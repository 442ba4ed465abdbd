//! Bounds, cobounds and sections: where a subscript list, a cosubscript list and a section's cells lie.
//! It stands on `caf_base` alone; the checked tree, the rules of declarations, the memory of an image and its machine
//! stand on it.
//! Its main contract: offsets and image indices are places in array element order (ISO/IEC 1539-1:2018, 9.5.3.2),
//! each list of subscripts within its bounds has a place of its own, and each place below the size has such a list.
#![tactic(auto)]

pub mod coshape;
mod digits;
pub mod laws;
pub mod section;
pub mod shape;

------------------------

#### DIRECTIONS:
Copy all the records above exactly, missing none.

#### REPLY:
repository 442ba4ed465abdbd
//! Bounds, cobounds and sections: where a subscript list, a cosubscript list and a section's cells lie.
//! It stands on `caf_base` alone; the checked tree, the rules of declarations, the memory of an image and its machine
//! stand on it.
//! Its main contract: offsets and image indices are places in array element order (ISO/IEC 1539-1:2018, 9.5.3.2),
//! each list of subscripts within its bounds has a place of its own, and each place below the size has such a list.
#![tactic(auto)]

pub mod coshape;
mod digits;
pub mod laws;
pub mod section;
pub mod shape;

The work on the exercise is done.